Saved entries:
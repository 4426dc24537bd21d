ghost use Rattle.std.specs.Prelude.{◌≡◌, ◌≤◌, ◌↔◌, [], ◌∷◌, ◌++◌, filter, IfOk, IsTrue, OnOk, OnErr};
ghost use Rattle.mcs_ever_again.specs.UnderWay.{arrives_from};
ghost use Rattle.mcs_ever_again.specs.stored.Store.{left};

use mcs_mail::Mail;
use mcs_ticks::{NoMemory, Tick};
use std::alloc::Global;
use std::collections::VecDeque;

/// Signals that may be stored before the first sweep: to visit fewer is not worth one.
const ROOM: usize = 64;

/// Signals in the order in which they were made. Those that arrive at `from` or later are left. The
/// others stay until they are in front, or until a sweep removes all of them.
#[derive(Debug, Drop)]
pub(crate) struct Store {
    pub(crate) mails: VecDeque<Mail>,
    pub(crate) from: Tick,
    /// The number of stored signals above which the next sweep is made.
    pub(crate) room: usize,
}

impl Store {
    /// Returns an empty store. Allocates no memory.
    pub(crate) fn new(alloc: Global) -> Self
        ensures { left result ≡ [] }
    {
        Store {
            mails: VecDeque::new(alloc),
            from: Tick::ZERO,
            room: ROOM,
        }
    }

    /// Appends a signal. Fails only if memory runs out; none is lost then.
    pub(crate) fn put(&mut self, mail: Mail) -> Result<(), NoMemory>
        ensures joined { OnOk result (left self.new ≡ left self.old ++ mail ∷ []) }
        ensures unchanged { OnErr result (left self.new ≡ left self.old) }
    {
        self.go_back_to(mail.arrives);
        self.mails.push_back(mail)?;
        Ok(())
    }

    /// Makes `from` at most `t`, so that a signal that arrives at `t` can be left. In a run it
    /// always is: a signal arrives after its row.
    fn go_back_to(&mut self, t: Tick)
        ensures list { left self.new ≡ left self.old }
        ensures from { self.new.from ≤ t }
    {
        if self.from <= t {
            return;
        }
        self.sweep();
        self.from = t;
    }

    /// Forgets the signals that arrive before the moment. A sweep visits less than twice as many as
    /// were put since the sweep before it.
    pub(crate) fn forget_before(&mut self, t: Tick)
        ensures { left self.new ≡ filter (arrives_from t) (left self.old) }
    {
        self.go_on_to(t);
        drop_front(&mut self.mails, self.from);
        if self.mails.len() > self.room {
            self.sweep();
        }
    }

    /// Makes `from` at least `t`.
    fn go_on_to(&mut self, t: Tick)
        ensures { left self.new ≡ filter (arrives_from t) (left self.old) }
    {
        if self.from < t {
            self.from = t;
        }
    }

    /// Removes the signals that are not left, and makes room for twice as many as are.
    fn sweep(&mut self)
        ensures all { self.new.mails.items ≡ left self.old }
        ensures from { self.new.from ≡ self.old.from }
        ensures list { left self.new ≡ left self.old }
    {
        let from = self.from;
        self.mails.retain(|mail| mail.arrives >= from);
        self.room = ROOM.saturating_add(self.mails.len().saturating_mul(2));
    }

    /// Whether no signal is left. Ends at the first one that is.
    pub(crate) fn is_empty(&self) -> bool
        ensures { IsTrue result ↔ (left self.now ≡ []) }
    {
        for i in 0..self.mails.len() {
            if self.mails[i].arrives >= self.from {
                return false;
            }
        }
        true
    }

    /// Returns a copy. Fails only if memory runs out.
    pub(crate) fn copied(&self, alloc: Global) -> Result<Self, NoMemory>
        ensures { IfOk result (λ copy. left copy ≡ left self.now) }
    {
        let mails: Vec<Mail> = self.mails.iter().copied().collect(alloc)?;
        Ok(Store {
            mails: VecDeque::from_vec(mails),
            from: self.from,
            room: self.room,
        })
    }
}

/// Drops the signals in front that arrive before the moment.
fn drop_front(mails: &mut VecDeque<Mail>, t: Tick)
    ensures { filter (arrives_from t) mails.new.items ≡ filter (arrives_from t) mails.old.items }
{
    for _ in 0..mails.len() {
        match mails.front() {
            Some(mail) if mail.arrives < t => {}
            _ => return,
        }
        let _ = mails.pop_front();
    }
}
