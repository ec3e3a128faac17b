// The check of a state's buffer and the look-ups in it, for programs in other languages. They ask nothing of their caller but what the
// types say: a buffer of another size than 65,536 bytes, and a room that is too small, are refused with a number.
#![tactic(auto)]

ghost use Rattle.language.specs.State.{Store};
ghost use Rattle.named_rights.specs.Numbers.{principals_of, variables};
ghost use Rattle.state_lookups.specs.Looks.{found, name_of, principal_of, variable_of};
ghost use Rattle.validate_c.specs.Reported.{Reported, CountTold, figures};

const BAD: u64 = 4294967296;

const REFUSED: u64 = 4294967297;

// Whether a buffer is well formed; its figures and its assertions in `out`.
#[unsafe(no_mangle)]
pub extern "C" fn state_check(state: &[u8], out: &mut [u64]) -> u64
    ensures { Reported 2054 (λ s. found 0 (figures s)) state.now out.old out.new result }
{
    if state.len() != 65536 {
        return REFUSED;
    }
    if out.len() < 2054 {
        return REFUSED;
    }
    let mut principals = [0u32; 1024];
    let mut vars = [0u32; 4096];
    let mut assertions = [0u64; 2048];
    let checked = validate::check(state, &mut principals, &mut vars, &mut assertions);
    match checked {
        Some(parts) => state_figures::figures(parts, &assertions, out),
        None => BAD,
    }
}

// A principal by name: its number, and its password in `out`.
#[unsafe(no_mangle)]
pub extern "C" fn state_principal(state: &[u8], name: &[u8], out: &mut [u8]) -> u64
    ensures { Reported 65536 (λ s. principal_of s.principals name.now) state.now out.old out.new result }
{
    if state.len() != 65536 {
        return REFUSED;
    }
    if out.len() < 65536 {
        return REFUSED;
    }
    let mut principals = [0u32; 1024];
    let mut vars = [0u32; 4096];
    let mut assertions = [0u64; 2048];
    let checked = validate::check(state, &mut principals, &mut vars, &mut assertions);
    match checked {
        Some(parts) => {
            let from = parts.principals_from;
            let to = parts.principals_to;
            state_lookups::principal(&state[from..to], &principals, parts.principals, name, out)
        }
        None => BAD,
    }
}

// A principal's count of completed programs, by name.
#[unsafe(no_mangle)]
pub extern "C" fn state_principal_count(state: &[u8], name: &[u8]) -> u64
    ensures { CountTold state.now name.now result }
{
    if state.len() != 65536 {
        return REFUSED;
    }
    let mut principals = [0u32; 1024];
    let mut vars = [0u32; 4096];
    let mut assertions = [0u64; 2048];
    let checked = validate::check(state, &mut principals, &mut vars, &mut assertions);
    match checked {
        Some(parts) => {
            let from = parts.principals_from;
            let to = parts.principals_to;
            state_lookups::count(&state[from..to], &principals, parts.principals, name)
        }
        None => BAD,
    }
}

// A variable by name: its number, and its value's text in `out`.
#[unsafe(no_mangle)]
pub extern "C" fn state_variable(state: &[u8], name: &[u8], out: &mut [u8]) -> u64
    ensures { Reported 65536 (λ s. variable_of s.variables name.now) state.now out.old out.new result }
{
    if state.len() != 65536 {
        return REFUSED;
    }
    if out.len() < 65536 {
        return REFUSED;
    }
    let mut principals = [0u32; 1024];
    let mut vars = [0u32; 4096];
    let mut assertions = [0u64; 2048];
    let checked = validate::check(state, &mut principals, &mut vars, &mut assertions);
    match checked {
        Some(parts) => {
            let from = parts.vars_from;
            let to = parts.vars_to;
            state_lookups::variable(&state[from..to], &vars, parts.vars, name, out)
        }
        None => BAD,
    }
}

// The name of the principal of a number, in `out`.
#[unsafe(no_mangle)]
pub extern "C" fn state_principal_name(state: &[u8], number: usize, out: &mut [u8]) -> u64
    ensures { Reported 65536 (λ s. name_of (principals_of s) number) state.now out.old out.new result }
{
    if state.len() != 65536 {
        return REFUSED;
    }
    if out.len() < 65536 {
        return REFUSED;
    }
    let mut principals = [0u32; 1024];
    let mut vars = [0u32; 4096];
    let mut assertions = [0u64; 2048];
    let checked = validate::check(state, &mut principals, &mut vars, &mut assertions);
    match checked {
        Some(parts) => {
            let from = parts.principals_from;
            let to = parts.principals_to;
            state_lookups::nth_name(&state[from..to], &principals, parts.principals, number, out)
        }
        None => BAD,
    }
}

// The name of the variable of a number, in `out`.
#[unsafe(no_mangle)]
pub extern "C" fn state_variable_name(state: &[u8], number: usize, out: &mut [u8]) -> u64
    ensures { Reported 65536 (λ s. name_of (variables s) number) state.now out.old out.new result }
{
    if state.len() != 65536 {
        return REFUSED;
    }
    if out.len() < 65536 {
        return REFUSED;
    }
    let mut principals = [0u32; 1024];
    let mut vars = [0u32; 4096];
    let mut assertions = [0u64; 2048];
    let checked = validate::check(state, &mut principals, &mut vars, &mut assertions);
    match checked {
        Some(parts) => {
            let from = parts.vars_from;
            let to = parts.vars_to;
            state_lookups::nth_name(&state[from..to], &vars, parts.vars, number, out)
        }
        None => BAD,
    }
}
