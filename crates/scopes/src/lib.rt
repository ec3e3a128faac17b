// Whether a name is defined, by the texts of the shared variables and of the locals.
#![tactic(auto)]

ghost use Rattle.std.specs.Prelude.{◌≡◌};
ghost use Rattle.language.specs.Values.{Session, is_defined};
ghost use Rattle.scopes.specs.Scopes.{Scope, SomeScope};

// Whether a name has a value: the text of a value is never empty.
pub fn is_defined<'a>(
    shared: &'a [u8],
    slots: &[u32],
    count: usize,
    locals: &'a [u8],
    lslots: &[u32],
    lcount: usize,
    name: &[u8],
) -> bool
    requires { SomeScope shared.now slots.now count locals.now lslots.now lcount }
    ensures { (s : Session) → Scope s shared.now slots.now count locals.now lslots.now lcount
        → result ≡ is_defined s name.now }
{
    let value = contents::read(shared, slots, count, locals, lslots, lcount, name);
    0 < value.len()
}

WHAT YOU HAVE TO DO: Your answer should be the lines above, from the line containing "self.mails.retain(|mail| mail.arrives >= from);" up to and including the line containing "for i in 0..self.mails.len()", reproduced exactly and with nothing else.

SOLVED EXERCISE:
        self.mails.retain(|mail| mail.arrives >= from);
        self.room = ROOM.saturating_add(self.mails.len().saturating_mul(2));
    }

    /// Whether no signal is left. Ends at the first one that is.
    pub(crate) fn is_empty(&self) -> bool
        ensures { IsTrue result ↔ (left self.now ≡ []) }
    {
        for i in 0..self.mails.len() {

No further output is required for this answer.